The pathogenesis of viral-induced rhabdomyolysis is unclear. Direct viral invasion and toxicity or immunologic mechanisms such as deposition of immune complexes or cross-reactivity have been proposed among others. Recently, it has been suggested that, in genetically susceptible hosts, infection with parainfluenza leads to increased production of interferon-1, a known cause of rhabdomyolysis. Similar histopathologic findings have been reported in both influenza and parainfluenza cases. Diffuse or patchy muscle degeneration and necrosis with little inflammatory infiltration were commonly detected [7, 10, 12].
Antiviral treatment such as ribavirin in rhabdomyolysis caused by parainfluenza virus was not reported. The efficacy of antivirals such as neuraminidase inhibitors in rhabdomyolysis caused by influenza is unknown. In addition, recurrent rhabdomyolysis and compartment syndrome, first precipitated by parainfluenza and on a second occasion by influenza, have been described in a child unvaccinated for influenza. Recurrent rhabdomyolysis associated with influenza has been reported in 10 children. Our patient's risk of developing recurrent disease upon subsequent viral infection is unknown. His mother agreed for the child to receive the influenza immunization. Influenza vaccination triggering rhabdomyolysis is an extremely rare event and has occurred in adults on statin therapy.
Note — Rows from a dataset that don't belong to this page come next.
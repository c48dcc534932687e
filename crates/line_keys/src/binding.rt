//! Bindings of events.

ghost use Rattle.std.specs.Prelude.{◌≡◌, ◌↔◌, ◌++◌, List, IsTrue, IsSome, IfOk, IfErr, IfSome, OnOk, OnErr, MatchResult, [], option_copied, option_map, position};
ghost use Rattle.line_keys.specs.declared.key.KeyEvent.{KeyEvent};
ghost use Rattle.line_keys.specs.declared.events.Event.{Event};
ghost use Rattle.line_keys.specs.declared.events.Event.TheVariants.{KeySeq};
ghost use Rattle.line_keys.specs.Events.{find, has_event, begins, map_with, IsMap, IsNormal};
ghost use Rattle.line_keys.specs.Events.{normal_event, single};

use crate::events::Event;
use crate::handler::EventHandler;
use crate::key::KeyEvent;
use line_config::ReadlineError;
use std::alloc::Global;
use std::marker::Model;
use std::mem;

/// The bindings of key sequences and other events.
pub type Bindings = EventMap<EventHandler>;

/// Events, each bound to at most one thing.
///
/// An event is bound in its normal form, but looked up as given. Contracts see the pairs in the
/// order in which the events were bound.
#[derive(Drop)]
pub struct EventMap<H> {
    entries: Vec<(Event, H)>,
}

impl<H> Model for EventMap<H> {
    ghost use Rattle.std.specs.Prelude.{List};
    ghost use Rattle.line_keys.specs.declared.events.Event.{Event};
    ghost use Rattle.line_keys.specs.Events.{IsMap};

    ghost Value = { List (Event × H) };

    ghost view = { λ m. m.entries.items };

    ghost invariant = { λ m. IsMap m.entries.items };
}

impl<H: Drop> EventMap<H> {
    /// An empty map.
    pub fn new(alloc: Global) -> Result<Self, ReadlineError>
        ensures { MatchResult result (λ b. b ≡ []) (λ _. ⊥) }
    {
        Ok(EventMap {
            entries: Vec::new(alloc),
        })
    }

    /// Whether nothing is bound.
    pub(crate) fn is_empty(&self) -> bool
        ensures { IsTrue result ↔ (self.now ≡ []) }
    {
        self.entries.is_empty()
    }

    /// Binds an event in its normal form, and returns its old binding. Only an event that isn't
    /// bound yet takes memory; if the allocation fails, nothing changes.
    pub fn bind_sequence(&mut self, event: Event, handler: H) -> Result<Option<H>, ReadlineError>
        ensures old { IfOk result (λ old. old ≡ find (normal_event event) self.old) }
        ensures bound { let before = λ (o : Event). find o self.old in
            OnOk result ((e : Event)
            → find e self.new ≡ map_with (normal_event event) (Some handler) before e) }
        ensures refused { IfErr result (λ e. (e ≡ ReadlineError.Memory)
            × (find (normal_event event) self.old ≡ None)) }
        ensures kept { OnErr result (self.new ≡ self.old) }
    {
        bind_in(&mut self.entries, event.normalize(), handler)
    }

    /// Removes the binding of an event's normal form, and returns it.
    pub fn unbind_sequence(&mut self, event: Event) -> Option<H>
        ensures old { result ≡ find (normal_event event) self.old }
        ensures unbound { let before = λ (o : Event). find o self.old in
            (e : Event) → find e self.new ≡ map_with (normal_event event) None before e }
    {
        unbind_in(&mut self.entries, event.normalize())
    }

    /// The binding of an event.
    #[tactic(auto, using(crate::proofs::Places::found_at, crate::proofs::Places::found_nowhere))]
    pub fn get(&self, event: &Event) -> Option<&H>
        ensures found { option_copied result ≡ find event.now self.now }
        ensures normal { IsSome (find event.now self.now) → IsNormal event.now }
    {
        match place(self.entries.as_slice(), event) {
            Some(i) => Some(&self.entries[i].1),
            None => None,
        }
    }

    /// The binding of one key, with its event, which needn't be built for the lookup.
    #[tactic(auto, using(crate::proofs::Steps::entry))]
    pub(crate) fn entry_of(&self, key: KeyEvent) -> Option<&(Event, H)>
        ensures found { option_map (λ b. b.1) (option_copied result) ≡ find (single key) self.now }
        ensures event { IfSome (option_copied result) (λ b. b.0 ≡ single key) }
    {
        match place_of_key(self.entries.as_slice(), key) {
            Some(i) => Some(&self.entries[i]),
            None => None,
        }
    }

    /// Whether a bound sequence starts with these keys, or equals them.
    pub fn begins(&self, keys: &[KeyEvent]) -> bool
        ensures value { result ≡ begins keys.now self.now }
        ensures bound { IsTrue result
            ↔ ((rest : List KeyEvent) × IsSome (find (KeySeq (keys.now ++ rest)) self.now)) }
    {
        self.some_begins(keys)
    }

    /// Whether the event of some entry starts with these keys.
    fn some_begins(&self, keys: &[KeyEvent]) -> bool
        ensures { result ≡ begins keys.now self.now }
    {
        self.entries.iter().any(|b| b.0.begins_with(keys))
    }
}

/// The index of an event.
fn place<H>(entries: &[(Event, H)], event: &Event) -> Option<usize>
    ensures { result ≡ position (has_event event.now) entries.now }
{
    entries.iter().position(|b| b.0 == *event)
}

/// The index of a key's event.
fn place_of_key<H>(entries: &[(Event, H)], key: KeyEvent) -> Option<usize>
    ensures { result ≡ position (has_event (single key)) entries.now }
{
    entries.iter().position(|b| b.0.is_key(key))
}

/// Binds an event, and returns its old binding.
fn bind_in<H: Drop>(
    entries: &mut Vec<(Event, H)>,
    event: Event,
    handler: H,
) -> Result<Option<H>, ReadlineError>
    ensures old { IfOk result (λ old. old ≡ find event entries.old.items) }
    ensures bound { let before = λ (o : Event). find o entries.old.items in
        OnOk result ((e : Event)
        → find e entries.new.items ≡ map_with event (Some handler) before e) }
    ensures refused { IfErr result (λ e. (e ≡ ReadlineError.Memory)
        × (find event entries.old.items ≡ None)) }
    ensures kept { OnErr result (entries.new.items ≡ entries.old.items) }
    ensures map { IsNormal event → IsMap entries.old.items → IsMap entries.new.items }
{
    match place(entries.as_slice(), &event) {
        Some(i) => {
            let bound = &mut entries[i].1;
            Ok(Some(mem::replace(bound, handler)))
        }
        None => {
            entries.push((event, handler))?;
            Ok(None)
        }
    }
}

/// Removes the binding of an event, and returns it.
fn unbind_in<H: Drop>(entries: &mut Vec<(Event, H)>, event: Event) -> Option<H>
    ensures old { result ≡ find event entries.old.items }
    ensures unbound { let before = λ (o : Event). find o entries.old.items in
        IsMap entries.old.items
        → (e : Event) → find e entries.new.items ≡ map_with event None before e }
    ensures map { IsMap entries.old.items → IsMap entries.new.items }
{
    match place(entries.as_slice(), &event) {
        Some(i) => {
            let (_, handler) = entries.remove(i);
            Some(handler)
        }
        None => None,
    }
}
In conclusion, although mild myalgias are commonly reported and are self-limited in infections caused by parainfluenza virus, worsening pains, difficulty in ambulating, exquisite tenderness to palpation, or muscle swelling should prompt further investigations to detect possible rhabdomyolysis, even in the absence of dark urine. Potential complications include acute renal failure, electrolyte disturbances, and compartment syndrome. Although influenza is the most frequently reported viral cause of rhabdomyolysis, the implementation of laboratory methods such as multiplex polymerase-chain reaction assays may lead to enhanced recognition and characterization of rhabdomyolysis associated with parainfluenza or other pathogens.